Their elfin component also differentiates the Melnibonèans from the all-too-human-in-their-inhumanity Acheronians. The Elves I’m thinking of as an influence are mostly those of Poul Anderson’s The Broken Sword, an all-time Moorcock favorite, but today Elric’s race also reads like a worst-case extrapolation of Tolkien’s Eldar. Many will disagree with this; in “The Return of the Thin White Duke,” his wonderful introduction to Elric: The Stealer of Souls, Alan Moore memorably describes Elric’s world as “seething, mutable, warped by the touch of fractal horrors,” and accordingly “an anti-matter antidote to Middle Earth [sic], a toxic and fluorescing elf repellent” — thereby missing the extent to which the pointy-eared, fine-featured Melnibonèans come across as a Fair Folk Gone Stylishly Bad, an intensification of what the unchecked imperialist impulses of Fëanor and his followers might have wrought in Middle-earth had there not been a Morgoth to keep them busy (Like everyone else save Clyde Kilby, Christopher Tolkien, and Guy Gavriel Kay, Moorcock had no access to the texts published as The Silmarillion before 1977, so I don’t mean to imply that he was in any way riffing on Tolkien’s First Age Elves when he devised the history of Melnibonè).

One last thing about the Dragon Masters: reading about them is a bit like being beaten with a silk whip; their dreamdust sparkle might be slightly toxic but they’re vividly present on the page in a way that not too much else in the Elric series is.

In a 1963 essay Moorcock admitted “The landscapes of my stories are metaphysical, not physical.” That’s both a strength and a weakness; at times the characters seem to be free-floating, or supported only by ether –and blather (One of the reasons the Corum series improves on Elric by my reckoning is that the clash of symbols doesn’t drown out the rest of the orchestra as often).

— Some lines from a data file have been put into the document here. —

//! Which trees of expressions are proper.

ghost use Rattle.std.specs.Prelude.{◌≡◌, ◌≤◌};
ghost use Rattle.clc_tree.specs.Kinds.{rank};
ghost use Rattle.clc_proper.specs.Proper.{optional_proper, scalar_proper, fits, assign_proper, cast_proper, chain_top, post_step_proper, primary_proper, unary_proper, choice_proper, cond_proper, expr_proper, post_proper};

use clc_lexer::Token;
use clc_tree::{
    Assign, Cast, Chain, Choice, Cond, Expr, Kind, Post, PostStep, Primary, RANKS, Scalar, Unary,
    operator_rank,
};

/// No token, or one of the kind.
pub(crate) fn is_optional(kind: Kind, token: &Option<Token>) -> bool
    ensures { result ≡ optional_proper kind token.now }
{
    match token {
        None => true,
        Some(token) => kind.takes(token),
    }
}

pub(crate) fn is_scalar(scalar: &Scalar) -> bool
    ensures { result ≡ scalar_proper scalar.now }
{
    match scalar {
        Scalar::Plain(word) => Kind::PlainWord.takes(word),
        Scalar::Signed(word, base) => Kind::SignWord.takes(word)
            && is_optional(Kind::BaseWord, base),
    }
}

/// Whether an operand that needs the `top` tightest levels stands beside operators of this rank.
fn is_operand(top: Option<u8>, rank: u8) -> bool
    ensures { result ≡ fits top rank }
{
    match top {
        None => false,
        Some(top) => top <= rank,
    }
}

#[cycle(check_expressions)]
pub(crate) fn is_expr(expr: &Expr) -> bool
    ensures { result ≡ expr_proper expr.now }
{
    if !is_assign(&expr.first) {
        return false;
    }
    for step in expr.rest.as_slice() {
        if !(Kind::Comma.takes(&step.comma) && is_assign(&step.value)) {
            return false;
        }
    }
    true
}

#[cycle(check_expressions)]
pub(crate) fn is_assign(assign: &Assign) -> bool
    ensures { result ≡ assign_proper assign.now }
{
    match assign {
        Assign::Cond(cond) => is_cond(cond),
        Assign::Set(place, operator, value) => {
            is_unary(place) && Kind::Assignment.takes(operator) && is_assign(value.get())
        }
    }
}

#[cycle(check_expressions)]
fn is_cond(cond: &Cond) -> bool
    ensures { result ≡ cond_proper cond.now }
{
    if !is_operand(chain_top(&cond.test), RANKS) {
        return false;
    }
    match &cond.choice {
        None => true,
        Some(choice) => is_choice(choice.get()),
    }
}

#[cycle(check_expressions)]
fn is_choice(choice: &Choice) -> bool
    ensures { result ≡ choice_proper choice.now }
{
    Kind::Question.takes(&choice.question)
        && is_expr(&choice.yes)
        && Kind::Colon.takes(&choice.colon)
        && is_cond(&choice.no)
}

/// How many of the tightest levels the operators of the chain need: 0 for an operand alone. None where it isn't proper.
#[cycle(check_expressions)]
fn chain_top(chain: &Chain) -> Option<u8>
    ensures { result ≡ chain_top chain.now }
{
    match chain {
        Chain::One(operand) => { if is_cast(operand) { Some(0) } else { None } }
        Chain::Level(first, rest) => {
            let rest = rest.as_slice();
            let rank = match rest {
                [] => return None,
                [step, ..] => operator_rank(&step.operator),
            };
            if !is_operand(chain_top(first.get()), rank) {
                return None;
            }
            for step in rest {
                if !(operator_rank(&step.operator) == rank
                    && is_operand(chain_top(&step.operand), rank))
                {
                    return None;
                }
            }
            Some(rank + 1)
        }
    }
}

#[cycle(check_expressions)]
fn is_cast(cast: &Cast) -> bool
    ensures { result ≡ cast_proper cast.now }
{
    match cast {
        Cast::To {
            opening,
            target,
            closing,
            operand,
        } => {
            Kind::LeftParen.takes(opening)
                && is_scalar(target)
                && Kind::RightParen.takes(closing)
                && is_cast(operand.get())
        }
        Cast::Of(unary) => is_unary(unary),
    }
}

#[cycle(check_expressions)]
fn is_unary(unary: &Unary) -> bool
    ensures { result ≡ unary_proper unary.now }
{
    match unary {
        Unary::Post(post) => is_post(post),
        Unary::Step(operator, operand) => Kind::Step.takes(operator) && is_unary(operand.get()),
        Unary::Prefix(operator, operand) => Kind::Prefix.takes(operator) && is_cast(operand.get()),
    }
}

#[cycle(check_expressions)]
fn is_post(post: &Post) -> bool
    ensures { result ≡ post_proper post.now }
{
    if !is_primary(&post.primary) {
        return false;
    }
    for step in post.rest.as_slice() {
        if !is_post_step(step) {
            return false;
        }
    }
    true
}

#[cycle(check_expressions)]
fn is_post_step(step: &PostStep) -> bool
    ensures { result ≡ post_step_proper step.now }
{
    match step {
        PostStep::Index(opening, index, closing) => {
            Kind::LeftBracket.takes(opening)
                && is_expr(index.get())
                && Kind::RightBracket.takes(closing)
        }
        PostStep::Step(operator) => Kind::Step.takes(operator),
    }
}

#[cycle(check_expressions)]
fn is_primary(primary: &Primary) -> bool
    ensures { result ≡ primary_proper primary.now }
{
    match primary {
        Primary::Name(token) => Kind::Name.takes(token),
        Primary::Number(token) => Kind::Number.takes(token),
        Primary::Paren(opening, inner, closing) => {
            Kind::LeftParen.takes(opening)
                && is_expr(inner.get())
                && Kind::RightParen.takes(closing)
        }
        Primary::Call {
            name,
            opening,
            arguments,
            closing,
        } => {
            if !(Kind::Name.takes(name) && Kind::LeftParen.takes(opening)) {
                return false;
            }
            match arguments {
                None => Kind::RightParen.takes(closing),
                Some(arguments) => is_expr(arguments.get()) && Kind::RightParen.takes(closing),
            }
        }
    }
}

Beyond the extent to which Moorcock was “jung and easily freudened” in the intial phase of his career, British sword-and-sorcery at times bears much the same relation to the American original as British rock does to American rock-n’-roll and blues: less spontaneous, more distanced and studied, emulatory and often self-mockingly aware of the emulation, wearing its inauthenticity like a Ziggy Stardust catsuit (Glam, glitter, Brit-pop, even punk; all were costume parties of sorts where the truest faces were masks). And so John Clute freely concedes in The Encyclopedia of Fantasy‘s Moorcock entry that the writer’s stories are “profoundly and multifariously theatrical,” and goes on to note their “smell of greasepaint.” I certainly wouldn’t want to discount the genuine affect in the Elric series; Moorcock has referred to “the wild, undisciplined emotions I poured into my work when the world was younger and if a story couldn’t be produced within twenty-four hours it wasn’t worth writing” — although said emotionalism postures against some extremely stylized backdrops. We need to guard against over-schematization here: where do we put Fritz Leiber, an American, but something of a boulevardier compared to Howard? And what about David Gemmell, a Londoner channeling American directness and lack of artifice?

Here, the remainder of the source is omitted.